━━━ Listed records
// The kernels over two lists of words of equal length: whole blocks first, then the words after the last block.

ghost use Rattle.std.specs.Prelude.{◌≡◌, length, bit_or};
ghost use Rattle.std.specs.Simd.Lanes.{zip2};
ghost use Rattle.lane_sieve.specs.Words.{each_pair, is_apart, is_subset, do_meet};

use crate::block::{BLOCK, is_apart_at, is_part_at, unite_at};

/// Whether each bit that is set in `a` is set at its place in `b`.
pub fn subset_words(a: &[u64], b: &[u64]) -> bool
    requires { length a.now ≡ length b.now }
    ensures { result ≡ is_subset a.now b.now }
{
    let mut at = 0;
    while a.len() - at >= BLOCK {
        if !is_part_at(a, b, at) {
            return false;
        }
        at += BLOCK;
    }
    while at < a.len() {
        if a[at] & b[at] != a[at] {
            return false;
        }
        at += 1;
    }
    true
}

/// Sets in `a` each bit that is set in `b`.
pub fn union_words(a: &mut [u64], b: &[u64])
    requires { length a.old ≡ length b.now }
    ensures { a.new ≡ zip2 bit_or a.old b.now }
{
    let mut at = 0;
    while a.len() - at >= BLOCK {
        unite_at(a, b, at);
        at += BLOCK;
    }
    while at < a.len() {
        a[at] |= b[at];
        at += 1;
    }
}

/// Whether some bit is set at one place in both.
pub fn meets_words(a: &[u64], b: &[u64]) -> bool
    requires { length a.now ≡ length b.now }
    ensures { result ≡ do_meet a.now b.now }
{
    !are_apart(a, b)
}

/// Whether no bit is set at one place in both.
fn are_apart(a: &[u64], b: &[u64]) -> bool
    requires { length a.now ≡ length b.now }
    ensures { result ≡ each_pair is_apart a.now b.now }
{
    let mut at = 0;
    while a.len() - at >= BLOCK {
        if !is_apart_at(a, b, at) {
            return false;
        }
        at += BLOCK;
    }
    while at < a.len() {
        if a[at] & b[at] != 0 {
            return false;
        }
        at += 1;
    }
    true
}
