// The decision on a query, and its text.
ghost use Rattle.std.specs.Prelude.{◌≡◌, ◌≤◌, [], ◌++◌, IfOk, OnOk, OnErr, IsTrue};
ghost use Rattle.job_inputs.specs.Limits.{IsInLimit};
ghost use Rattle.finite_model.specs.ReadBack.{IsKept};
ghost use Rattle.finite_model.specs.Written.{model_text, uses_listed_names};
ghost use Rattle.refutation_tree.specs.Written.{refutation_text, names_are_listed};
ghost use Rattle.job_inputs.specs.Answer.{line, text_bytes};
ghost use Rattle.job_inputs.specs.Questions.{question_text};
ghost use Rattle.decision_jobs.specs.Decisions.{entailed_line, not_entailed_line, decision_text, decision_status};
ghost use Rattle.decision_jobs.specs.Decisions.{IsLogged};
ghost use Rattle.decision_jobs.specs.Deciding.{IsDecision, CanBeWritten, HasVerdict, IsKeptModel};

use axiom_sets::AxiomSet;
use finite_model::Interp;
use job_inputs::{Status, Text, WrittenQuestion};
use refutation_tree::Refutation;
use shq_oracle::{Answer, Oracle, RunLog};
use shq_terms::{NoMemory, Ontology, Query};
use std::alloc::Global;
use std::mem;

/// Whether the query follows from all axioms, within a budget of steps, and why.
///
/// # Errors
///
/// Out of memory. The log is empty then.
pub(crate) fn decide(
    alloc: Global,
    ontology: &Ontology,
    query: &Query,
    budget: u32,
    log: &mut RunLog,
) -> Result<Answer, NoMemory>
    requires in_limit { IsInLimit ontology.now query.now }
    requires unlogged { log.old ≡ [] }
    ensures decision { IfOk result (IsDecision ontology.now query.now) }
    ensures logged { IfOk result (λ d. IsLogged ontology.now query.now budget d log.new) }
    ensures unlogged { OnErr result (log.new ≡ []) }
{
    let all = AxiomSet::full(alloc, ontology.axiom_count())?;
    let begun = mem::replace(log, RunLog::new(alloc));
    let mut oracle = Oracle::new(alloc, ontology, budget, begun);
    let outcome = oracle.decide(&all, query);
    *log = oracle.into_log();
    outcome
}

/// How a run ends that decides so.
pub(crate) fn status_of(decision: &Answer) -> Status
    ensures { result ≡ decision_status decision.now }
{
    match decision {
        Answer::Entailed(_) | Answer::NotEntailed(_) => Status::Done,
        Answer::Undecided => Status::Undecided,
    }
}

/// The text of a decision.
///
/// # Errors
///
/// Out of memory. The query was decided then: that the budget was spent is told without memory.
pub(crate) fn text_of(
    alloc: Global,
    question: WrittenQuestion<'_>,
    ontology: &Ontology,
    decision: &Answer,
) -> Result<Text, NoMemory>
    requires { CanBeWritten ontology.now decision.now }
    ensures text { IfOk result
        (λ text. text_bytes text ≡ decision_text ontology.now (question_text question.entry) decision.now) }
    ensures kept { OnOk result (IsKeptModel ontology.now decision.now) }
    ensures refused { OnErr result (HasVerdict decision.now) }
{
    match decision {
        Answer::Entailed(refutation) => {
            yes_text(alloc, entailed_line(question), ontology, refutation)
        }
        Answer::NotEntailed(model) => no_text(alloc, not_entailed_line(question), ontology, model),
        Answer::Undecided => Ok(Text::Fixed("undecided\n")),
    }
}

// A line, and the refutation.
fn yes_text(
    alloc: Global,
    verdict: &str,
    ontology: &Ontology,
    refutation: &Refutation,
) -> Result<Text, NoMemory>
    requires { IsTrue (names_are_listed ontology.now refutation.now) }
    ensures { IfOk result
        (λ text. text_bytes text ≡ line verdict.now ++ refutation_text ontology.now refutation.now) }
{
    let mut out = Vec::new(alloc);
    push_line(&mut out, verdict)?;
    refutation.text(alloc, &mut out, ontology)?;
    Ok(Text::Bytes(out))
}

// A line, and the model.
fn no_text(
    alloc: Global,
    verdict: &str,
    ontology: &Ontology,
    model: &Interp,
) -> Result<Text, NoMemory>
    requires { IsTrue (uses_listed_names ontology.now model.now) }
    ensures text { IfOk result (λ text. text_bytes text ≡ line verdict.now ++ model_text ontology.now model.now) }
    ensures kept { OnOk result (IsKept ontology.now model.now) }
{
    let mut out = Vec::new(alloc);
    push_line(&mut out, verdict)?;
    model.text(alloc, &mut out, ontology)?;
    Ok(Text::Bytes(out))
}

// Appends a line.
fn push_line(out: &mut Vec<u8>, text: &str) -> Result<(), NoMemory>
    ensures { OnOk result (out.new.items ≡ out.old.items ++ line text.now) }
{
    out.extend_from_slice(text.as_bytes())?;
    out.push(b'\n')?;
    Ok(())
}

fn entailed_line(question: WrittenQuestion<'_>) -> &'static str
    ensures { result.now ≡ entailed_line (question_text question.entry) }
{
    match question {
        WrittenQuestion::HasElement(_) => "unsatisfiable",
        WrittenQuestion::Follows(_) => "entailed",
    }
}

fn not_entailed_line(question: WrittenQuestion<'_>) -> &'static str
    ensures { result.now ≡ not_entailed_line (question_text question.entry) }
{
    match question {
        WrittenQuestion::HasElement(_) => "satisfiable",
        WrittenQuestion::Follows(_) => "not entailed",
    }
}
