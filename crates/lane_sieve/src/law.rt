// What set a list of words stands for.

ghost use Rattle.std.specs.Prelude.{◌≡◌, ℕ, List};
ghost use Rattle.std.specs.FinSet as set;
ghost use Rattle.lane_sieve.specs.Sets.{number_set, has_bit};

/// A number is in the set that some words stand for exactly where its bit is set.
pub fn words_are_sets()
    ensures { (words : List ℕ) (k : ℕ) → set.contains (number_set words) k ≡ has_bit words k }
{}
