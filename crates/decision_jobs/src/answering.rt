// From the question and the bytes of a document to the answer.
use crate::deciding::{decide, status_of, text_of};
use job_inputs::{Input, Job, Status, Text, Unread, WrittenQuestion, read_question_input};
use shq_oracle::RunLog;
use shq_terms::NoMemory;
use std::alloc::Global;

/// The jobs `sat` and `entails`: the answer to a question on a document.
///
/// `budget` is the number of steps that the search may make.
#[derive(Clone, Copy)]
pub struct Decide<'a> {
    pub question: WrittenQuestion<'a>,
    pub budget: u32,
}

impl<'a> Job for Decide<'a> {
    ghost use Rattle.std.specs.Prelude.{◌≡◌, []};
    ghost use Rattle.job_inputs.specs.Inputs.{IsInputOf, IsNoInputOf};
    ghost use Rattle.job_inputs.specs.Questions.{question_text};
    ghost use Rattle.decision_jobs.specs.Decisions.{AnswersQuestion};
    ghost use Rattle.decision_jobs.specs.Answering.{CanBeAsked, IsDecidedBy, IsBegun};
    ghost use Rattle.decision_jobs.specs.Told.{told_of};

    type Input = Input;

    type Log = RunLog;

    ghost is_input = { λ job bytes i. IsInputOf (question_text job.question) bytes i };

    ghost is_unread = { λ job bytes u. IsNoInputOf (question_text job.question) bytes u };

    ghost can_answer = { λ job i. CanBeAsked i };

    ghost is_unlogged = { λ log. log ≡ [] };

    ghost answers = { λ job i log s out.
        IsDecidedBy (question_text job.question) job.budget i.ontology i.query log s out };

    ghost begins = { λ job i log. IsBegun i.ontology i.query job.budget log };

    ghost tells = { λ job bytes out s log. AnswersQuestion (question_text job.question) job.budget bytes out s log };

    ghost told = { λ job bytes out s log h. told_of (question_text job.question) job.budget bytes out log s h };

    fn read(&self, alloc: Global, bytes: &[u8]) -> Result<Input, Unread> {
        read_question_input(alloc, self.question, bytes)
    }

    #[tactic(auto, using(crate::proofs::Logged::still_begun, crate::proofs::Accepted::accepted))]
    fn answer(
        &self,
        alloc: Global,
        input: &Input,
        log: &mut RunLog,
    ) -> Result<(Status, Text), NoMemory> {
        let decision = decide(alloc, &input.ontology, &input.query, self.budget, log)?;
        let text = text_of(alloc, self.question, &input.ontology, &decision);
        let status = status_of(&decision);
        drop(decision);
        Ok((status, text?))
    }
}
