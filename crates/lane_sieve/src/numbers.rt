// The numbers of a set, one after another.

ghost use Rattle.std.specs.Prelude.{◌≡◌, ℕ, ◌*◌, ◌^◌, ◌≤◌, length};
ghost use Rattle.std.specs.Iterator.{YieldsFirst, item_count};
ghost use Rattle.lane_sieve.specs.Sets.{number_set, members_below};

use crate::members::next_number;
use std::marker::Model;

/// The numbers of a set of words that are still to come, in ascending order. Contracts see their list.
#[derive(Drop)]
pub struct Numbers<'a> {
    words: &'a [u64],
    from: usize,
}

impl<'a> Model for Numbers<'a> {
    ghost use Rattle.std.specs.Prelude.{List, ℕ, ◌*◌, ◌-◌, ◌^◌, ◌≤◌, length};
    ghost use Rattle.std.specs.FinSet as set;
    ghost use Rattle.lane_sieve.specs.Sets.{passing, number_set};

    ghost Value = { List ℕ };

    ghost view = { λ n. passing (set.contains (number_set n.words.now)) n.from (64 * length n.words.now - n.from) };

    ghost invariant = { λ n. length n.words.now ≤ 2 ^ 26 };
}

impl<'a> Numbers<'a> {
    /// All numbers of the set.
    pub fn new(words: &'a [u64]) -> Self
        requires { length words.now ≤ 2 ^ 26 }
        ensures { result ≡ members_below (number_set words.now) (64 * length words.now) }
    {
        Numbers { words, from: 0 }
    }
}

impl Iterator for Numbers<'_> {
    type Item = u32;

    ghost can_next = { λ _. Unit {0} };

    ghost next_gives = { YieldsFirst (λ xs. xs) };

    ghost remaining = { item_count (λ xs. xs) };

    fn next(&mut self) -> Option<u32> {
        let number = next_number(self.words, self.from)?;
        self.from = number + 1;
        Some(number as u32)
    }
}
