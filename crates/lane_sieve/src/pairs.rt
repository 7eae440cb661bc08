// The kernels over words, as what they say of two sets.

ghost use Rattle.std.specs.Prelude.{◌≡◌, ◌≤◌, ◌↔◌, IsTrue, length};
ghost use Rattle.std.specs.FinSet as set;
ghost use Rattle.lane_sieve.specs.Sets.{number_set, IsPart, DoMeet};

use crate::{meets_words, subset_words, union_words};

/// Whether each number of the first set is in the second.
pub fn is_part(xs: &[u64], ys: &[u64]) -> bool
    requires { length xs.now ≡ length ys.now }
    ensures { IsTrue result ↔ IsPart (number_set xs.now) (number_set ys.now) }
{
    subset_words(xs, ys)
}

/// Whether some number is in both sets.
pub fn do_meet(xs: &[u64], ys: &[u64]) -> bool
    requires { length xs.now ≡ length ys.now }
    ensures { IsTrue result ↔ DoMeet (number_set xs.now) (number_set ys.now) }
{
    meets_words(xs, ys)
}

/// Puts the numbers of the second set, which has no more words, into the first.
pub fn unite(xs: &mut [u64], ys: &[u64])
    requires { length ys.now ≤ length xs.old }
    ensures { number_set xs.new ≡ set.union (number_set xs.old) (number_set ys.now) }
{
    union_words(&mut xs[..ys.len()], ys);
}

/// Takes the numbers of the second set, which has as many words, out of the first.
pub fn subtract(xs: &mut [u64], ys: &[u64])
    requires { length ys.now ≡ length xs.old }
    ensures { number_set xs.new ≡ set.difference (number_set xs.old) (number_set ys.now) }
{
    for place in 0..xs.len() {
        xs[place] &= !ys[place];
    }
}
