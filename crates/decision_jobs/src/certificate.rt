// The certificate that follows a document.
ghost use Rattle.std.specs.Prelude.{◌≡◌, ◌≤◌, map, length, Ok, IfOk, IfErr};
ghost use Rattle.std.specs.List.{prefix_len};
ghost use Rattle.certificate_lines.specs.Lines.{is_blank};
ghost use Rattle.decision_jobs.specs.Certificates.{is_model_verdict, is_refutation_verdict, model_after};
ghost use Rattle.decision_jobs.specs.Certificates.{refutation_after, certificate_in, certificate, IsUnreadBy, Fits};

use certificate_lines::{is_blank, lines};
use finite_model::Interp;
use job_inputs::Unread;
use refutation_tree::Refutation;
use shq_terms::Ontology;
use std::alloc::Global;

/// Why a query does not follow, or why it does.
#[derive(Drop)]
pub enum Certificate {
    /// A finite interpretation in which it fails.
    Model(Interp),
    /// A refutation of the contrary.
    Refutation(Refutation),
}

/// The certificate that the text is.
///
/// # Errors
///
/// `Line` with the first malformed line exactly where the text is no certificate, and `NoMemory`.
#[tactic(auto, using(crate::proofs::Blanks::behind_blanks))]
pub(crate) fn read_certificate(
    alloc: Global,
    text: &[u8],
    ontology: &Ontology,
) -> Result<Certificate, Unread>
    requires { length text.now ≤ 4294967293 }
    ensures found { IfOk result (λ c. certificate ontology.now text.now ≡ Ok c) }
    ensures fits { IfOk result (Fits ontology.now) }
    ensures unread { IfErr result (IsUnreadBy (certificate ontology.now text.now)) }
{
    let lines = lines(alloc, text)?;
    read_verdict(alloc, lines.split_at(blank_count(&lines)).1, ontology)
}

fn blank_count(lines: &[&[u8]]) -> usize
    ensures value { result ≡ prefix_len (λ l. is_blank l.now) lines.now }
    ensures within { result ≤ length lines.now }
{
    lines.iter().take_while(|line| is_blank(line)).count()
}

// The certificate that begins with its verdict.
fn read_verdict(alloc: Global, lines: &[&[u8]], ontology: &Ontology) -> Result<Certificate, Unread>
    requires { length lines.now ≤ 4294967294 }
    ensures found { IfOk result (λ c. certificate_in ontology.now (map (λ l. l.now) lines.now) ≡ Ok c) }
    ensures fits { IfOk result (Fits ontology.now) }
    ensures unread { IfErr result (IsUnreadBy (certificate_in ontology.now (map (λ l. l.now) lines.now))) }
{
    if lines.is_empty() {
        return Err(Unread::Line(1));
    }
    if is_model_verdict(lines[0]) {
        read_model(alloc, &lines[1..], ontology)
    } else if is_refutation_verdict(lines[0]) {
        read_refutation(alloc, &lines[1..], ontology)
    } else {
        Err(Unread::Line(1))
    }
}

#[tactic(auto, using(crate::proofs::Stops::malformed))]
fn read_model(alloc: Global, lines: &[&[u8]], ontology: &Ontology) -> Result<Certificate, Unread>
    ensures found { IfOk result (λ c. model_after ontology.now (map (λ l. l.now) lines.now) ≡ Ok c) }
    ensures fits { IfOk result (Fits ontology.now) }
    ensures unread { IfErr result (IsUnreadBy (model_after ontology.now (map (λ l. l.now) lines.now))) }
{
    match finite_model::read_text(alloc, lines, ontology) {
        Ok(model) => Ok(Certificate::Model(model)),
        Err(fault) => Err(Unread::from(fault)),
    }
}

#[tactic(auto, using(crate::proofs::Stops::malformed))]
fn read_refutation(
    alloc: Global,
    lines: &[&[u8]],
    ontology: &Ontology,
) -> Result<Certificate, Unread>
    requires { length lines.now ≤ 4294967293 }
    ensures found { IfOk result (λ c. refutation_after ontology.now (map (λ l. l.now) lines.now) ≡ Ok c) }
    ensures fits { IfOk result (Fits ontology.now) }
    ensures unread { IfErr result (IsUnreadBy (refutation_after ontology.now (map (λ l. l.now) lines.now))) }
{
    match refutation_tree::read_text(alloc, lines, ontology) {
        Ok(refutation) => Ok(Certificate::Refutation(refutation)),
        Err(fault) => Err(Unread::from(fault)),
    }
}

fn is_model_verdict(line: &[u8]) -> bool
    ensures { result ≡ is_model_verdict line.now }
{
    line == b"not entailed".as_slice() || line == b"satisfiable".as_slice()
}

fn is_refutation_verdict(line: &[u8]) -> bool
    ensures { result ≡ is_refutation_verdict line.now }
{
    line == b"entailed".as_slice() || line == b"unsatisfiable".as_slice()
}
━━━━━━
What you give back must be the stretch above, starting at the line with "see their list." and ending at the line with "repository 7eae440cb661bc08", copied exactly.

▸ Response to this exercise:
/// The numbers of a set of words that are still to come, in ascending order. Contracts see their list.
#[derive(Drop)]
pub struct Numbers<'a> {
    words: &'a [u64],
    from: usize,
}

impl<'a> Model for Numbers<'a> {
    ghost use Rattle.std.specs.Prelude.{List, ℕ, ◌*◌, ◌-◌, ◌^◌, ◌≤◌, length};
    ghost use Rattle.std.specs.FinSet as set;
    ghost use Rattle.lane_sieve.specs.Sets.{passing, number_set};

    ghost Value = { List ℕ };

    ghost view = { λ n. passing (set.contains (number_set n.words.now)) n.from (64 * length n.words.now - n.from) };

    ghost invariant = { λ n. length n.words.now ≤ 2 ^ 26 };
}

impl<'a> Numbers<'a> {
    /// All numbers of the set.
    pub fn new(words: &'a [u64]) -> Self
        requires { length words.now ≤ 2 ^ 26 }
        ensures { result ≡ members_below (number_set words.now) (64 * length words.now) }
    {
        Numbers { words, from: 0 }
    }
}

impl Iterator for Numbers<'_> {
    type Item = u32;

    ghost can_next = { λ _. Unit {0} };

    ghost next_gives = { YieldsFirst (λ xs. xs) };

    ghost remaining = { item_count (λ xs. xs) };

    fn next(&mut self) -> Option<u32> {
        let number = next_number(self.words, self.from)?;
        self.from = number + 1;
        Some(number as u32)
    }
}
filename crates/lane_sieve/src/pairs.rt
repository 7eae440cb661bc08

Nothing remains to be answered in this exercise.